Jadi, penekanan terhadap employee wellbeing ini memang berbeda sekali ya di zaman now. Mungkin kalau masa sebelumnya jarang ya, ada orang yang curhat-curhatan di tempat kerja. Itu salah satu contoh saja. Nah, lalu apa saja yang sekiranya dapat kita jadikan bekal untuk mewaspadai tren employee wellbeing ini?
Pertama, perusahaan dan organisasi diharapkan dapat lebih employee-centric, alias karyawan sentris. Tantangan perusahaan adalah mempertahankan pekerja yang bagus, dan ini perlu diakomodir dengan program wellbeing yang mendukung, tidak hanya secara fisik, namun juga mental, finansial, sosial, dan waktu luang, 5 pilar tadi. Pilar mana yang sekiranya menjadi prioritas, tentu disesuaikan dengan kondisi di perusahaan Anda.
Kedua, diskusi tentang kesehatan mental diharapkan lebih terbuka.
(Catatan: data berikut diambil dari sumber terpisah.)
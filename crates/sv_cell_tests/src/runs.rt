//! Reports and notes in greatest runs. The expected runs are worked out by hand.
ghost use Rattle.std.specs.Prelude.{IsTrue};
ghost use Rattle.sv_model.specs.Cells.{EndsSmall};
ghost use Rattle.sv_model.specs.Notes.{IsNoteRun};
ghost use Rattle.sv_model.specs.Reports.{IsRun};
ghost use Rattle.sv_runs.specs.Joined.{EndsWithin};

use crate::areas::At;
use std::alloc::{AllocError, Global};
use std::test::Fail;
use sv_mask::{Layout, Usage};
use sv_model::work::{
    Access, Area, EventNote, Kind, LayoutNote, Note, Owner, OwnerNote, OwnerWhat, Place, Report,
    What,
};
use sv_range::List;
use sv_runs::{add_note, add_run};

// A note on cells, of the command with that number, that found that layout, or cells of that queue family.
// Or a note on an event.
#[derive(Clone, Copy)]
enum Said {
    Layout(At, u32, Layout),
    Owner(At, u32, u32),
    Event(u32),
}

// Notes that are given one after another, and what they come to.
#[derive(Clone, Copy)]
struct Notes {
    given: &'static [Said],
    owed: &'static [Said],
}

const GENERAL: Layout = Layout::General;

const PRESENT: Layout = Layout::PresentSrc;

static NOTES: [Notes; 13] = [
    Notes {
        given: &[],
        owed: &[],
    },
    Notes {
        given: &[
            Said::Owner(At::Bytes(0, 8), 0, 1),
            Said::Owner(At::Bytes(8, 9), 0, 1),
            Said::Owner(At::Bytes(9, 20), 0, 1),
        ],
        owed: &[Said::Owner(At::Bytes(0, 20), 0, 1)],
    },
    // a byte between the two, and the other order
    Notes {
        given: &[
            Said::Owner(At::Bytes(0, 8), 0, 1),
            Said::Owner(At::Bytes(9, 16), 0, 1),
        ],
        owed: &[
            Said::Owner(At::Bytes(0, 8), 0, 1),
            Said::Owner(At::Bytes(9, 16), 0, 1),
        ],
    },
    Notes {
        given: &[
            Said::Owner(At::Bytes(8, 16), 0, 1),
            Said::Owner(At::Bytes(0, 8), 0, 1),
        ],
        owed: &[
            Said::Owner(At::Bytes(8, 16), 0, 1),
            Said::Owner(At::Bytes(0, 8), 0, 1),
        ],
    },
    // another owner, and another command
    Notes {
        given: &[
            Said::Owner(At::Bytes(0, 8), 0, 1),
            Said::Owner(At::Bytes(8, 16), 0, 2),
            Said::Owner(At::Bytes(16, 24), 0, 2),
        ],
        owed: &[
            Said::Owner(At::Bytes(0, 8), 0, 1),
            Said::Owner(At::Bytes(8, 24), 0, 2),
        ],
    },
    Notes {
        given: &[
            Said::Owner(At::Bytes(0, 8), 0, 1),
            Said::Owner(At::Bytes(8, 16), 1, 1),
        ],
        owed: &[
            Said::Owner(At::Bytes(0, 8), 0, 1),
            Said::Owner(At::Bytes(8, 16), 1, 1),
        ],
    },
    // layers of one mip
    Notes {
        given: &[
            Said::Layout(At::Image(1, 1, 0, 2), 0, GENERAL),
            Said::Layout(At::Image(1, 1, 2, 1), 0, GENERAL),
            Said::Layout(At::Image(1, 1, 3, 1), 0, GENERAL),
        ],
        owed: &[Said::Layout(At::Image(1, 1, 0, 4), 0, GENERAL)],
    },
    Notes {
        given: &[
            Said::Layout(At::Image(1, 1, 0, 2), 0, GENERAL),
            Said::Layout(At::Image(1, 1, 2, 1), 0, PRESENT),
        ],
        owed: &[
            Said::Layout(At::Image(1, 1, 0, 2), 0, GENERAL),
            Said::Layout(At::Image(1, 1, 2, 1), 0, PRESENT),
        ],
    },
    // the first layer of the next mip, and the next layer of the next mip
    Notes {
        given: &[
            Said::Layout(At::Image(0, 1, 2, 2), 0, GENERAL),
            Said::Layout(At::Image(1, 1, 0, 2), 0, GENERAL),
            Said::Layout(At::Image(1, 1, 2, 2), 0, GENERAL),
        ],
        owed: &[
            Said::Layout(At::Image(0, 1, 2, 2), 0, GENERAL),
            Said::Layout(At::Image(1, 1, 0, 4), 0, GENERAL),
        ],
    },
    Notes {
        given: &[
            Said::Layout(At::Image(0, 1, 0, 2), 0, GENERAL),
            Said::Layout(At::Image(1, 1, 2, 2), 0, GENERAL),
        ],
        owed: &[
            Said::Layout(At::Image(0, 1, 0, 2), 0, GENERAL),
            Said::Layout(At::Image(1, 1, 2, 2), 0, GENERAL),
        ],
    },
    // notes of two kinds
    Notes {
        given: &[
            Said::Layout(At::Image(0, 1, 0, 2), 0, GENERAL),
            Said::Owner(At::Image(0, 1, 2, 2), 0, 1),
        ],
        owed: &[
            Said::Layout(At::Image(0, 1, 0, 2), 0, GENERAL),
            Said::Owner(At::Image(0, 1, 2, 2), 0, 1),
        ],
    },
    Notes {
        given: &[Said::Event(0), Said::Event(0)],
        owed: &[Said::Event(0), Said::Event(0)],
    },
    Notes {
        given: &[
            Said::Owner(At::Bytes(0, 8), 0, 1),
            Said::Event(3),
            Said::Owner(At::Bytes(8, 16), 0, 1),
        ],
        owed: &[
            Said::Owner(At::Bytes(0, 8), 0, 1),
            Said::Event(3),
            Said::Owner(At::Bytes(8, 16), 0, 1),
        ],
    },
];

// Races on cells: the numbers of the commands of the later and the earlier access, and the kind.
type Race = (At, u32, u32, Kind);

#[derive(Clone, Copy)]
struct Races {
    given: &'static [Race],
    owed: &'static [Race],
}

static RACES: [Races; 5] = [
    Races {
        given: &[
            (At::Bytes(0, 8), 2, 0, Kind::Raw),
            (At::Bytes(8, 16), 2, 0, Kind::Raw),
            (At::Bytes(16, 17), 2, 0, Kind::Raw),
        ],
        owed: &[(At::Bytes(0, 17), 2, 0, Kind::Raw)],
    },
    // another partner, another access, another kind
    Races {
        given: &[
            (At::Bytes(0, 8), 2, 0, Kind::Raw),
            (At::Bytes(8, 16), 2, 1, Kind::Raw),
            (At::Bytes(16, 24), 3, 1, Kind::Raw),
            (At::Bytes(24, 32), 3, 1, Kind::War),
            (At::Bytes(32, 40), 3, 1, Kind::War),
        ],
        owed: &[
            (At::Bytes(0, 8), 2, 0, Kind::Raw),
            (At::Bytes(8, 16), 2, 1, Kind::Raw),
            (At::Bytes(16, 24), 3, 1, Kind::Raw),
            (At::Bytes(24, 40), 3, 1, Kind::War),
        ],
    },
    // a byte between the two
    Races {
        given: &[
            (At::Bytes(0, 8), 2, 0, Kind::Waw),
            (At::Bytes(9, 16), 2, 0, Kind::Waw),
        ],
        owed: &[
            (At::Bytes(0, 8), 2, 0, Kind::Waw),
            (At::Bytes(9, 16), 2, 0, Kind::Waw),
        ],
    },
    // two mips
    Races {
        given: &[
            (At::Image(0, 1, 0, 3), 2, 0, Kind::Waw),
            (At::Image(0, 1, 3, 1), 2, 0, Kind::Waw),
            (At::Image(1, 1, 0, 4), 2, 0, Kind::Waw),
        ],
        owed: &[
            (At::Image(0, 1, 0, 4), 2, 0, Kind::Waw),
            (At::Image(1, 1, 0, 4), 2, 0, Kind::Waw),
        ],
    },
    Races {
        given: &[
            (At::Image(0, 1, 0, 2), 2, 0, Kind::Waw),
            (At::Image(1, 1, 2, 2), 2, 0, Kind::Waw),
        ],
        owed: &[
            (At::Image(0, 1, 0, 2), 2, 0, Kind::Waw),
            (At::Image(1, 1, 2, 2), 2, 0, Kind::Waw),
        ],
    },
];

fn place(cmd: u32) -> Place {
    Place {
        event: 1,
        batch: 0,
        slot: 0,
        rec: 0,
        cmd,
    }
}

fn layout_note(at: At, cmd: u32, found: Layout) -> LayoutNote {
    LayoutNote {
        area: at.area(),
        what: Some(What::Transition),
        place: place(cmd),
        declared: Layout::TransferDstOptimal,
        found,
        step: 3,
        pos: 0,
        part: 0,
        reports_before: 0,
    }
}

fn owner_note(at: At, cmd: u32, family: u32) -> OwnerNote {
    OwnerNote {
        area: at.area(),
        what: OwnerWhat::Use(Usage(37)),
        place: place(cmd),
        found: Owner::Family(family),
        step: 3,
        pos: 0,
        part: 0,
        reports_before: 0,
    }
}

fn note_of(said: Said) -> Note {
    match said {
        Said::Layout(at, cmd, found) => Note::Layout(layout_note(at, cmd, found)),
        Said::Owner(at, cmd, family) => Note::Owner(owner_note(at, cmd, family)),
        Said::Event(event) => Note::Event(EventNote {
            event,
            place: place(0),
            other: None,
            reports_before: 0,
        }),
    }
}

fn access(at: At, cmd: u32) -> Access {
    Access {
        area: at.area(),
        what: What::Use(Usage(37)),
        queue: 0,
        sub: None,
        layout: None,
        place: place(cmd),
        step: 1,
        pos: 0,
    }
}

fn report_of(race: Race) -> Report {
    let (at, later, earlier, kind) = race;
    Report {
        area: at.area(),
        later: access(At::Bytes(0, 64), later),
        earlier: access(At::Bytes(0, 64), earlier),
        kind,
    }
}

// Whether the area is a run of neighbouring cells.
fn is_run(area: Area) -> bool
    ensures run { IsTrue result → IsRun area }
    ensures ends { IsTrue result → EndsSmall area }
{
    match area {
        Area::Bytes { span, .. } => span.start < span.end,
        Area::Image { cells, .. } => {
            cells.mips == 1
                && 0 < cells.layers
                && u64::from(cells.layer) + u64::from(cells.layers) < 1 << 32
        }
    }
}

fn is_note_run(note: &Note) -> bool
    ensures run { IsTrue result → IsNoteRun note.now }
    ensures ends { IsTrue result → EndsWithin note.now }
{
    match note {
        Note::Layout(n) => is_run(n.area),
        Note::Owner(n) => is_run(n.area),
        _ => true,
    }
}

// The notes in runs. None where one is on other cells than a run.
fn notes_in_runs(alloc: Global, given: &[Said]) -> Result<Option<List<Note>>, AllocError> {
    let mut notes = List::new(alloc);
    for said in given {
        let note = note_of(*said);
        if !is_note_run(&note) {
            return Ok(None);
        }
        add_note(&mut notes, note)?;
    }
    Ok(Some(notes))
}

fn reports_in_runs(alloc: Global, given: &[Race]) -> Result<Option<List<Report>>, AllocError> {
    let mut reports = List::new(alloc);
    for race in given {
        let report = report_of(*race);
        if !is_run(report.area) {
            return Ok(None);
        }
        add_run(&mut reports, report)?;
    }
    Ok(Some(reports))
}

fn are_notes(notes: &[Note], owed: &[Said]) -> bool {
    if notes.len() != owed.len() {
        return false;
    }
    for index in 0..owed.len() {
        if notes[index] != note_of(owed[index]) {
            return false;
        }
    }
    true
}

fn are_reports(reports: &[Report], owed: &[Race]) -> bool {
    if reports.len() != owed.len() {
        return false;
    }
    for index in 0..owed.len() {
        if reports[index] != report_of(owed[index]) {
            return false;
        }
    }
    true
}

fn notes_agree(alloc: Global, row: &Notes) -> Result<bool, AllocError> {
    match notes_in_runs(alloc, row.given)? {
        None => Ok(false),
        Some(notes) => Ok(are_notes(notes.as_slice(), row.owed)),
    }
}

fn races_agree(alloc: Global, row: &Races) -> Result<bool, AllocError> {
    match reports_in_runs(alloc, row.given)? {
        None => Ok(false),
        Some(reports) => Ok(are_reports(reports.as_slice(), row.owed)),
    }
}

#[test]
fn notes_are_joined(rt: HostRuntime) -> Result<(), Fail> {
    for index in 0..NOTES.len() {
        let agrees = notes_agree(rt.alloc(), &NOTES[index])?;
        assert!(rt; agrees, "row {index}");
    }
    Ok(())
}

#[test]
fn reports_are_joined(rt: HostRuntime) -> Result<(), Fail> {
    for index in 0..RACES.len() {
        let agrees = races_agree(rt.alloc(), &RACES[index])?;
        assert!(rt; agrees, "row {index}");
    }
    Ok(())
}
WHO mengatakan bahwa kesehatan mental yang baik merupakan kunci untuk wellbeing secara keseluruhan. Wujudnya di antaranya dengan menyediakan forum diskusi tentang menjaga kesehatan mental, menyediakan layanan konselor, dan membangun suasana terbuka di dalam tim.
Ketiga, budaya perusahaan akan menjadi “artis utama”nya. Ketika pekerja meyakini bahwa visi hidupnya selaras dengan visi dan budaya perusahaan, mereka akan lebih Bahagia dan bersedia berkontribusi. Dengan demikian, penting untuk memperhatikan visi dan budaya yang ditampilkan dan ditunjukkan dari atas sampai dengan lapis paling bawah.
Keempat, fleksibilitas adalah suatu keharusan. Memperbolehkan pekerja memilih cara ia bekerja akan memberikan mereka kendali diri. Ada yang hybrid, ada yang datang ke kantor ketika dibutuhkan, ada yang full online dan sebagainya. Kendali diri di pekerja memberikan dampak positif seperti lebih produktif, dan lebih bertanggung jawab.
Masa depan perusahaan Anda tergantung pada kepuasan para pekerja. Jagalah keterlibatan mereka dan buatlah mereka merasa diperhatikan, sehingga employee wellbeing dapat terwujud. Bagaimana dengan perusahaan Anda, sudah siapkah untuk tren employee wellbeing?